Dismissing the general perception that Tata Sky is a premium service, he says that it isn’t so. However, the company has a higher proportion of high definition subscribers who pay Rs 500-600 every month. In the past five years, Tata Sky recorded 60 per cent new subscribers coming in from smaller towns and villages who pay Rs 200-220 per month, which is also a huge amount for them. For a business to be successful there has to be a balance of low, medium and high paying subs, Nagpal told Mint. Too many low-end customers will hamper profit and too many high-end ones will curb growth.
The merger of Dish TV and Videocon to become India’s number one DTH entity has been of the key highlights of 2018 but Nagpal does not view the situation as a challenge and rather thinks Tata Sky’s numbers are equal to theirs or higher.
Cord cutting is a rage in the US with subscriber after subscriber giving up traditional TV services for OTT platforms like Amazon Video, Hulu, Netflix and Youtube. The internet content is either free or significantly cheaper than the same content provided via cable.
In the US, cable costs $100 per month whereas in India it's a mere $5. So, when Netflix or other OTT platforms are available at $10 each, a consumer would rather prefer watching the latter. But this won’t be the case in India due to the low pricing. Nagpal is of the opinion that India will never give up on TV even if people get on to watching OTT.

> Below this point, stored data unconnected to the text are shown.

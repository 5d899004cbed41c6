//! The keywords of JSON Schema that judge a value by themselves (Validation, section 6), and patterns.
#![tactic(auto)]

mod any_type;
mod argument_shape;
mod arrays;
mod assertion;
mod choices;
mod fault;
mod instance_type;
pub mod laws;
mod missing;
mod numbers;
mod objects;
mod pattern;
mod searcher;
pub mod sharing_laws;
mod strings;
mod text_parts;
mod unique;

pub use assertion::Assertion;
pub use fault::KeywordFault;
pub use pattern::{Pattern, PatternFault};
pub use searcher::Searcher;
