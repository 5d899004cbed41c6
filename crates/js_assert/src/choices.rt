//! The values that `enum` lists (JSON Schema Validation, section 6.1.2), kept for a binary search.
ghost use Rattle.std.specs.Prelude.{◌≡◌, IfOk, map};
ghost use Rattle.js_assert.specs.code.Choices.{is_among, value_in, IsIndex};
ghost use Rattle.js_doc.specs.Order.{order};
ghost use Rattle.js_doc.specs.Seen.{value_of};

use js_doc::{Doc, Memory};
use std::alloc::Global;
use std::cmp::Ordering;
use std::marker::Model;

/// Values as they were given, with their places in ascending order of the values.
#[derive(Drop)]
pub(crate) struct Choices {
    docs: Vec<Doc>,
    places: Vec<usize>,
}

impl Model for Choices {
    ghost use Rattle.js_doc.specs.Coding.{values_code};
    ghost use Rattle.js_doc.specs.Value.{Values};

    ghost Value = { Values };

    ghost coded = { values_code };

    ghost use Rattle.std.specs.Prelude.{map};
    ghost use Rattle.js_doc.specs.Seen.{value_of};
    ghost use Rattle.js_assert.specs.code.Choices.{IsIndex};

    ghost view = { λ c. map value_of c.docs.items };

    ghost invariant = { λ c. IsIndex c.docs.items c.places.items };
}

impl Choices {
    /// The values of a vector.
    ///
    /// # Errors
    /// `Memory`.
    pub(crate) fn new(alloc: Global, docs: Vec<Doc>) -> Result<Choices, Memory>
        ensures { IfOk result (λ c. c ≡ map value_of docs.items) }
    {
        let places = places_in_order(alloc, docs.as_slice())?;
        Ok(Choices { docs, places })
    }

    /// Whether the value is one of them.
    pub(crate) fn contains(&self, value: &Doc) -> bool
        ensures { result ≡ is_among (value_of value.now) self.now }
    {
        let docs = self.docs.as_slice();
        self.places
            .binary_search_by(|place| compare_with(docs, *place, value))
            .is_ok()
    }
}

fn places_in_order(alloc: Global, docs: &[Doc]) -> Result<Vec<usize>, Memory>
    ensures { IfOk result (λ places. IsIndex docs.now places.items) }
{
    let mut places = Vec::with_capacity(alloc, docs.len())?;
    for i in 0..docs.len() {
        places.push_reserved(i);
    }
    places.sort_unstable_by(|i, j| compare_places(docs, *i, *j));
    Ok(places)
}

// A place past the end counts as null: a search may ask at any number.
fn compare_with(docs: &[Doc], place: usize, value: &Doc) -> Ordering
    ensures { result ≡ order (value_in docs.now place) (value_of value.now) }
{
    match docs.get(place) {
        Some(here) => here.cmp(value),
        None => Doc::Null.cmp(value),
    }
}

fn compare_places(docs: &[Doc], i: usize, j: usize) -> Ordering
    ensures { result ≡ order (value_in docs.now i) (value_in docs.now j) }
{
    match docs.get(j) {
        Some(there) => compare_with(docs, i, there),
        None => compare_with(docs, i, &Doc::Null),
    }
}
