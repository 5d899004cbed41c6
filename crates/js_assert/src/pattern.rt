//! Patterns, in the dialect of `regex` (JSON Schema Validation, section 6.3.3).
ghost use Rattle.std.specs.Prelude.{◌≡◌, IfOk, IfErr, true, false};
ghost use Rattle.regex.specs.Strings.{regex_source};
ghost use Rattle.js_assert.specs.Pattern.{IsCompiled};

use crate::searcher::Searcher;
use js_doc::Memory;
use regex::{Error, Regex};
use std::alloc::Global;
use std::marker::Model;

/// Why a pattern isn't built (JSON Schema Validation, section 6.3.3).
#[derive(Clone, Copy, Debug, PartialEq, Eq)]
pub enum PatternFault {
    /// 1: there was no memory.
    Memory,
    /// 2: `regex` reads no pattern in the text, or one that nests too deep.
    NotAPattern,
    /// 3: `regex` refuses the pattern for a reason other than syntax and memory: what it would be compiled to is
    /// too large.
    PatternTooLarge,
}

/// A compiled pattern (JSON Schema Validation, section 6.3.3). Contracts see it as its text.
#[derive(Debug)]
pub struct Pattern {
    // A regex is large, and most keywords hold something small.
    regex: Box<Regex>,
}

// By hand, so that it is proved here alone, and crates that own patterns call it.
impl Drop for Pattern {
    fn drop(self) {
        let Pattern { regex: _ } = self;
    }
}

impl Model for Pattern {
    ghost use Rattle.std.specs.Prelude.{ℕ, List};
    ghost use Rattle.regex.specs.Strings.{regex_source};

    ghost Value = { List ℕ };

    ghost view = { λ p. regex_source p.regex.value };

    ghost use Rattle.js_assert.specs.Pattern.{IsCompiled};

    ghost invariant = { λ p. IsCompiled p.regex.value };
}

impl Pattern {
    ghost use Rattle.js_assert.specs.Pattern.{is_pattern, nests_too_deep, matches, IsPatternFault};

    /// The pattern of this text.
    ///
    /// # Errors
    /// `Memory`; `NotAPattern` only where the grammar of `regex` reads no pattern in the text, or one that nests
    /// deeper than it takes; `PatternTooLarge` only for a pattern. A pattern that nests too deep is always refused.
    pub fn new(alloc: Global, text: &str) -> Result<Pattern, PatternFault>
        ensures ok { IfOk result (λ p. p ≡ text.now) }
        ensures read { IfOk result (λ _. is_pattern text.now ≡ true) }
        ensures shallow { IfOk result (λ _. nests_too_deep text.now ≡ false) }
        ensures refused { IfErr result (IsPatternFault text.now) }
    {
        match Regex::new(alloc, text) {
            Ok(regex) => boxed(alloc, regex),
            Err(Error::Syntax(_)) => Err(PatternFault::NotAPattern),
            Err(Error::OutOfMemory) => Err(PatternFault::Memory),
            Err(Error::CompiledTooBig) => Err(PatternFault::PatternTooLarge),
            Err(Error::Internal) => Err(PatternFault::PatternTooLarge),
        }
    }

    /// The pattern's text.
    pub fn as_str(&self) -> &str
        ensures { result.now ≡ self.now }
    {
        self.regex.as_str()
    }

    /// A searcher for the pattern. Make it once for many texts.
    ///
    /// # Errors
    /// `Memory`.
    pub fn searcher(&self, alloc: Global) -> Result<Searcher<'_>, Memory>
        ensures { IfOk result (λ s. s ≡ self.now) }
    {
        Searcher::new(alloc, &self.regex)
    }

    /// Whether the pattern matches somewhere in the text.
    ///
    /// # Errors
    /// `Memory`: a search needs some.
    pub fn holds(&self, alloc: Global, text: &str) -> Result<bool, Memory>
        ensures { IfOk result (λ b. b ≡ matches self.now text.now) }
    {
        let mut searcher = self.searcher(alloc)?;
        Ok(searcher.holds(text))
    }
}

fn boxed(alloc: Global, regex: Regex) -> Result<Pattern, PatternFault>
    requires { IsCompiled regex }
    ensures ok { IfOk result (λ p. p ≡ regex_source regex) }
    ensures refused { IfErr result (λ e. e ≡ PatternFault.Memory) }
{
    match Box::new(alloc, regex) {
        Ok(regex) => Ok(Pattern { regex }),
        Err(_) => Err(PatternFault::Memory),
    }
}
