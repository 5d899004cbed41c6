//! What threads may share. Each law is the contract of a function that does nothing.
ghost use Rattle.std.specs.Thread.{IsSend, IsSync};
ghost use Rattle.js_assert.specs.contracts.pattern.Pattern as Patterns;
ghost use Rattle.js_assert.specs.contracts.assertion.Assertion as Assertions;

use crate::choices::Choices;
use crate::instance_type::InstanceType;
use crate::objects::Dependence;
use js_doc::{Doc, Text, Whole};
use regex_dfa::Dfa;
use regex_hir::Hir;
use regex_literal::{ByteSet, Caseless};
use regex_meta::Plans;
use regex_syntax::Config;
use std::num::NonZeroU64;

/// A pattern may be sent to another thread, and shared by several.
pub fn patterns_cross()
    ensures send { IsSend Patterns.the_row }
    ensures sync { IsSync Patterns.the_row }
{
    crosses::<String>();
    crosses::<Config>();
    crosses::<Vec<Option<String>>>();
    crosses::<Hir>();
    crosses::<Dfa>();
    crosses::<Plans>();
    crosses::<Caseless>();
    crosses::<Vec<Vec<u32>>>();
    crosses::<Option<ByteSet>>();
    crosses::<Option<usize>>();
}

/// Assertions may be sent to another thread and shared by several.
pub fn assertions_cross()
    ensures send { IsSend Assertions.the_row }
    ensures sync { IsSync Assertions.the_row }
{
    patterns_cross();
    crosses::<InstanceType>();
    crosses::<Choices>();
    crosses::<Doc>();
    crosses::<NonZeroU64>();
    crosses::<Whole>();
    crosses::<Text>();
    crosses::<Dependence>();
}

// What is asked, as a fact.
fn crosses<T: Send + Sync>()
    ensures send { IsSend T.row }
    ensures sync { IsSync T.row }
{}
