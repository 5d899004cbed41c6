ghost use Rattle.std.specs.Prelude.{◌≡◌, ℕ, IfOk, IfErr, MatchOption, true, codes, option_map, string_bytes};
ghost use Rattle.js_doc.specs.Seen.{value_of};
ghost use Rattle.js_assert.specs.Seen.{keyword_tested, IsTestOf};
ghost use Rattle.js_assert.specs.Shape.{IsFaultOf};

use crate::any_type::AnyTypeTest;
use crate::arrays::ArrayTest;
use crate::fault::KeywordFault;
use crate::numbers::NumberTest;
use crate::objects::ObjectTest;
use crate::pattern::Pattern;
use crate::strings::StringTest;
use js_doc::{Doc, Members, Memory};
use js_keyword::{AssertionKeyword, Keyword};
use std::alloc::Global;
use std::fmt::{self, Debug, Formatter};
use std::marker::Model;

/// What a keyword tests, with its argument read.
#[derive(Drop)]
pub(crate) enum Test {
    AnyType(AnyTypeTest),
    Number(NumberTest),
    String(StringTest),
    Array(ArrayTest),
    Object(ObjectTest),
}

impl Test {
    fn read(alloc: Global, keyword: AssertionKeyword, argument: &Doc) -> Result<Test, KeywordFault>
        ensures ok { IfOk result (IsTestOf keyword (value_of argument.now)) }
        ensures refused { IfErr result (IsFaultOf keyword (value_of argument.now)) }
    {
        match keyword {
            AssertionKeyword::AnyType(which) => {
                Ok(Test::AnyType(AnyTypeTest::read(alloc, which, argument)?))
            }
            AssertionKeyword::Number(which) => Ok(Test::Number(NumberTest::read(
                alloc, which, argument,
            )?)),
            AssertionKeyword::String(which) => Ok(Test::String(StringTest::read(
                alloc, which, argument,
            )?)),
            AssertionKeyword::Array(which) => Ok(Test::Array(ArrayTest::read(which, argument)?)),
            AssertionKeyword::Object(which) => Ok(Test::Object(ObjectTest::read(
                alloc, which, argument,
            )?)),
        }
    }

    fn keyword(&self) -> AssertionKeyword
        ensures { result ≡ keyword_tested self.now }
    {
        match self {
            Test::AnyType(test) => AssertionKeyword::AnyType(test.keyword()),
            Test::Number(test) => AssertionKeyword::Number(test.keyword()),
            Test::String(test) => AssertionKeyword::String(test.keyword()),
            Test::Array(test) => AssertionKeyword::Array(test.keyword()),
            Test::Object(test) => AssertionKeyword::Object(test.keyword()),
        }
    }
}

/// A keyword that judges a value by itself, with its argument (JSON Schema Validation, section 6). Contracts see it
/// as the keyword, the argument's value, and whether `contains` stands beside it.
pub struct Assertion {
    test: Test,
    // Only the two keywords that count an array's matching items look at it.
    beside_contains: bool,
}

// By hand, so that it is proved here alone, and crates that own assertions call it.
impl Drop for Assertion {
    fn drop(self) {
        let Assertion {
            test: _,
            beside_contains: _,
        } = self;
    }
}

impl Model for Assertion {
    ghost use Rattle.js_assert.specs.Assertion.{Asserted, asserted_code};
    ghost use Rattle.js_keyword.specs.contracts.assertion_keyword.AssertionKeyword.{the_row};

    ghost Value = { Asserted };

    ghost coded = { asserted_code the_row.coded };

    ghost use Rattle.js_assert.specs.Seen.{keyword_tested, argument_tested};

    ghost view = { λ a. record {
      keyword = keyword_tested a.test;
      argument = argument_tested a.test;
      beside_contains = a.beside_contains;
    } };
}

impl Assertion {
    ghost use Rattle.js_doc.specs.Value.{Value};
    ghost use Rattle.js_assert.specs.Argument.{on_string, string};
    ghost use Rattle.js_assert.specs.Assertion.{asserted, pattern_asked, says};
    ghost use Rattle.js_assert.specs.ErrorText.{error, error_text};
    ghost use Rattle.js_assert.specs.Shape.{has_shape, IsKeywordFault};
    ghost use Rattle.js_keyword.specs.AssertionKeyword.{name_of};
    ghost use Rattle.js_assert.specs.Pattern.{is_pattern, matches};

    /// The assertion that the keyword of this name makes with this argument, among these members of its schema;
    /// None where the name is none of the twenty keywords'.
    ///
    /// # Errors
    /// `Memory`; `BadKeyword` exactly where the argument doesn't have the shape of the keyword; `NotAPattern`
    /// and `PatternTooLarge` of a `pattern`, as `Pattern::new` answers them.
    pub fn read(
        alloc: Global,
        keyword: &str,
        argument: &Doc,
        siblings: &Members,
    ) -> Result<Option<Assertion>, KeywordFault>
        ensures built { IfOk result (λ a.
            a ≡ asserted keyword.now (value_of argument.now) siblings.now) }
        ensures shape { IfOk result (λ _. has_shape keyword.now (value_of argument.now) ≡ true) }
        ensures pattern { IfOk result (λ _.
            keyword.now ≡ codes "pattern" → is_pattern (string (value_of argument.now)) ≡ true) }
        ensures refused { IfErr result (IsKeywordFault keyword.now (value_of argument.now)) }
    {
        let Some(keyword) = AssertionKeyword::named(keyword) else {
            return Ok(None);
        };
        let test = Test::read(alloc, keyword, argument)?;
        let beside_contains = siblings.get(Keyword::Contains.name()).is_some();
        Ok(Some(Assertion {
            test,
            beside_contains,
        }))
    }

    /// The keyword's name.
    pub fn keyword(&self) -> &'static str
        ensures { result.now ≡ name_of self.now.keyword }
    {
        self.test.keyword().name()
    }

    /// The pattern that a string has to match (JSON Schema Validation, section 6.3.3), where the keyword is `pattern`.
    /// A caller that judges many values can keep a searcher for it.
    pub fn pattern_asked(&self) -> Option<&Pattern>
        ensures asked { option_map (λ p. p.now) result ≡ pattern_asked self.now }
        ensures says { MatchOption result (Unit {0}) (λ p. (v : Value) (matching : ℕ)
            → says self.now v matching ≡ on_string v (λ s. matches p.now s)) }
    {
        match &self.test {
            Test::String(StringTest::Pattern(pattern)) => Some(pattern),
            _ => None,
        }
    }

    /// Whether the value meets the assertion. `matching` counts the items of an array that match the adjacent
    /// `contains`; only `maxContains` and `minContains` look at it, and only if there is such a `contains`.
    ///
    /// # Errors
    /// `Memory`: only `pattern` and `uniqueItems` need some.
    pub fn holds(&self, alloc: Global, value: &Doc, matching: u64) -> Result<bool, Memory>
        ensures { IfOk result (λ b. b ≡ says self.now (value_of value.now) matching) }
    {
        match &self.test {
            Test::AnyType(test) => Ok(test.holds(value)),
            Test::Number(test) => Ok(test.holds(value)),
            Test::String(test) => test.holds(alloc, value),
            Test::Array(test) => test.holds(alloc, self.beside_contains, value, matching),
            Test::Object(test) => Ok(test.holds(value)),
        }
    }

    /// The text of the error for a value that doesn't meet the assertion. Whether it does isn't checked.
    ///
    /// # Errors
    /// `Memory`.
    pub fn error(&self, alloc: Global, value: &Doc, matching: u64) -> Result<String, Memory>
        ensures { IfOk result (λ s. string_bytes s ≡ error_text self.now (value_of value.now) matching) }
    {
        match &self.test {
            Test::AnyType(test) => test.error_text(alloc, value),
            Test::Number(test) => test.error_text(alloc),
            Test::String(test) => test.error_text(alloc, value),
            Test::Array(test) => test.error_text(alloc, value, matching),
            Test::Object(test) => test.error_text(alloc, value),
        }
    }

    /// The error's text, or None where the value meets the assertion.
    ///
    /// # Errors
    /// `Memory`.
    pub fn check(&self, alloc: Global, value: &Doc, matching: u64) -> Result<Option<String>, Memory>
        ensures { IfOk result (λ e. option_map string_bytes e ≡ error self.now (value_of value.now) matching) }
    {
        if self.holds(alloc, value, matching)? {
            return Ok(None);
        }
        Ok(Some(self.error(alloc, value, matching)?))
    }
}

impl Debug for Assertion {
    fn fmt<W: fmt::Write>(&self, f: &mut Formatter<W>) -> fmt::Result {
        f.debug_struct("Assertion")
            .field("keyword", &self.keyword())
            .finish_non_exhaustive()
    }
}
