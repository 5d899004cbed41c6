//! Texts with numbers, as errors have them.
ghost use Rattle.std.specs.Prelude.{◌≡◌, ◌++◌, IfOk, OnOk, string_bytes, pos};
ghost use Rattle.js_assert.specs.TextParts.{at_least, at_most, before_number, counted};

use itoa::{Buffer, Integer};
use js_doc::Memory;
use std::alloc::Global;

pub(crate) fn words(alloc: Global, words: &str) -> Result<String, Memory>
    ensures { IfOk result (λ s. string_bytes s ≡ words.now) }
{
    Ok(String::from_str(alloc, words)?)
}

/// Words before a number.
pub(crate) fn before_number(alloc: Global, words: &str, number: i128) -> Result<String, Memory>
    ensures { IfOk result (λ s. string_bytes s ≡ before_number words.now number) }
{
    let mut text = String::from_str(alloc, words)?;
    put_number(&mut text, number)?;
    Ok(text)
}

/// How many things there are, and how many there may be, as `3 items, at most 2`. The things begin with a space.
pub(crate) fn at_most(alloc: Global, count: u64, things: &str, limit: u64) -> Result<String, Memory>
    ensures { IfOk result (λ s. string_bytes s ≡ at_most count things.now (pos limit)) }
{
    counted(alloc, count, things, ", at most ", limit)
}

/// How many things there are, and how many there must be, as `1 items, at least 2`. The things begin with a space.
pub(crate) fn at_least(
    alloc: Global,
    count: u64,
    things: &str,
    limit: u64,
) -> Result<String, Memory>
    ensures { IfOk result (λ s. string_bytes s ≡ at_least count things.now (pos limit)) }
{
    counted(alloc, count, things, ", at least ", limit)
}

fn counted(
    alloc: Global,
    count: u64,
    things: &str,
    bound: &str,
    limit: u64,
) -> Result<String, Memory>
    ensures { IfOk result (λ s. string_bytes s ≡ counted count (things.now ++ bound.now) (pos limit)) }
{
    let mut text = String::new(alloc);
    put_number(&mut text, count)?;
    text.push_str(things)?;
    text.push_str(bound)?;
    put_number(&mut text, limit)?;
    Ok(text)
}

pub(crate) fn put_number<I: Integer>(out: &mut String, number: I) -> Result<(), Memory>
    ensures { OnOk result (string_bytes out.new ≡ string_bytes out.old ++ I.text number) }
{
    let mut buffer = Buffer::new();
    out.push_str(buffer.format(number))?;
    Ok(())
}
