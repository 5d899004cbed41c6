ghost use Rattle.std.specs.Prelude.{◌≡◌};
ghost use Rattle.js_assert.specs.declared.fault.KeywordFault.TheVariants.{Memory};

use js_doc::Memory;
use std::alloc::{AllocError, AllocFailed};

/// Why a keyword's argument isn't accepted (JSON Schema Validation, section 6).
#[derive(Clone, Copy, Debug, PartialEq, Eq)]
pub enum KeywordFault {
    /// 1: there was no memory.
    Memory,
    /// 2: the argument doesn't have the shape that the keyword asks for.
    BadKeyword,
    /// 3: the argument of `pattern` is a string that `regex` reads no pattern in, or one that nests too deep.
    NotAPattern,
    /// 4: `regex` refuses the pattern for a reason other than syntax and memory.
    PatternTooLarge,
}

impl From<AllocError> for KeywordFault {
    ghost from_gives = { λ _ e. e ≡ Memory };

    fn from(_refused: AllocError) -> KeywordFault {
        KeywordFault::Memory
    }
}

impl<T: Drop> From<AllocFailed<T>> for KeywordFault {
    ghost from_gives = { λ _ e. e ≡ Memory };

    fn from(_refused: AllocFailed<T>) -> KeywordFault {
        KeywordFault::Memory
    }
}

impl From<Memory> for KeywordFault {
    ghost from_gives = { λ _ e. e ≡ Memory };

    fn from(_refused: Memory) -> KeywordFault {
        KeywordFault::Memory
    }
}
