//! The names that an object lacks, as the errors of `required` and `dependentRequired` list them.
ghost use Rattle.std.specs.Prelude.{◌≡◌, ◌++◌, IfOk, OnOk, string_bytes, map, []};
ghost use Rattle.js_doc.specs.Compact.{comma_if, quoted};
ghost use Rattle.js_doc.specs.Seen.{value_of};
ghost use Rattle.js_doc.specs.Value.{text};
ghost use Rattle.js_doc.specs.Parts.{members_of};
ghost use Rattle.js_assert.specs.Dependences.{dependence_of};
ghost use Rattle.js_assert.specs.Objects.{names_needed, missing, sorted_with, without};
ghost use Rattle.js_assert.specs.Names.{names_seen};

use crate::objects::{Dependence, is_member};
use js_doc::{Doc, Memory, Text, put_string};
use std::alloc::Global;
use std::collections::BTreeSet;

/// `missing: ` and a compact array of those of the names that are no member's.
pub(crate) fn missing_of(alloc: Global, names: &[Text], value: &Doc) -> Result<String, Memory>
    ensures { IfOk result (λ s. string_bytes s
        ≡ missing (map text (without (members_of (value_of value.now)) names.now))) }
{
    let mut text = String::from_str(alloc, "missing: [")?;
    let mut later = false;
    for name in names {
        if is_member(value, name) {
            continue;
        }
        put_name(&mut text, later, name.as_str())?;
        later = true;
    }
    text.push(']')?;
    Ok(text)
}

/// The same of the names that the members present ask for, ascending.
pub(crate) fn missing_of_all(
    alloc: Global,
    dependences: &[Dependence],
    value: &Doc,
) -> Result<String, Memory>
    ensures { IfOk result (λ s. string_bytes s
        ≡ missing (map text (sorted_with [] (without (members_of (value_of value.now))
        (names_needed (members_of (value_of value.now)) (map dependence_of dependences.now)))))) }
{
    let absent = absent_of_all(alloc, dependences, value)?;
    let mut text = String::from_str(alloc, "missing: [")?;
    let mut later = false;
    for name in absent {
        put_name(&mut text, later, name)?;
        later = true;
    }
    text.push(']')?;
    Ok(text)
}

// The names that the members present ask for and that are no member's, ascending.
fn absent_of_all<'a>(
    alloc: Global,
    dependences: &'a [Dependence],
    value: &Doc,
) -> Result<BTreeSet<&'a str>, Memory>
    ensures { IfOk result (λ s. names_seen s.keys
        ≡ sorted_with [] (without (members_of (value_of value.now))
        (names_needed (members_of (value_of value.now)) (map dependence_of dependences.now)))) }
{
    let mut absent = BTreeSet::new(alloc);
    for dependence in dependences {
        if !is_member(value, &dependence.name) {
            continue;
        }
        put_absent(&mut absent, dependence.needs.as_slice(), value)?;
    }
    Ok(absent)
}

// Puts those of the names that are no member's into the set.
fn put_absent<'a>(
    absent: &mut BTreeSet<&'a str>,
    needs: &'a [Text],
    value: &Doc,
) -> Result<(), Memory>
    ensures { OnOk result (names_seen absent.new.keys
        ≡ sorted_with (names_seen absent.old.keys) (without (members_of (value_of value.now)) needs.now)) }
{
    for need in needs {
        if is_member(value, need) {
            continue;
        }
        absent.insert(need.as_str())?;
    }
    Ok(())
}

// The name as a JSON string, after a comma unless it is the first.
fn put_name(out: &mut String, later: bool, name: &str) -> Result<(), Memory>
    ensures { OnOk result (string_bytes out.new ≡ string_bytes out.old ++ (comma_if later ++ quoted name.now)) }
{
    put_comma(out, later)?;
    put_string(name, out)?;
    Ok(())
}

fn put_comma(out: &mut String, later: bool) -> Result<(), Memory>
    ensures { OnOk result (string_bytes out.new ≡ string_bytes out.old ++ comma_if later) }
{
    if later {
        out.push_str(",")?;
    }
    Ok(())
}
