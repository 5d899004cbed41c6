//! Laws of the definitions. Each is the contract of a function that does nothing.
ghost use Rattle.js_assert.specs.Laws.{OnlyCountingAsks};

/// Of the keywords that judge a value by themselves, only `maxContains` and `minContains` ask how many items match the
/// adjacent `contains` (JSON Schema Validation, sections 6.4.4 and 6.4.5).
pub fn only_counting_asks()
    ensures { OnlyCountingAsks }
{}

Tata Sky recently tied up with OTT platforms Netflix, Hotstar, Youtube and Amazon Prime Videos in order to make them available to its subscribers. The DPO says simply changing the customer premise equipment will allow Tata Sky subs to receive both the signals—from the satellite and from broadband, enabling viewers to watch on TV screen, live TV via satellite whenever they want to, and OTT via broadband whenever they want to.
Nagpal concluded by saying that he does not feel pressure from OTTs since he is in the content business. “My life depends on the customer. I was buying content from broadcasters earlier and supplying it to the customer via satellite. The customer sometimes wants to watch the content of his choice, my job is to fetch that content for him. I am not wedded to the satellite,” he stated.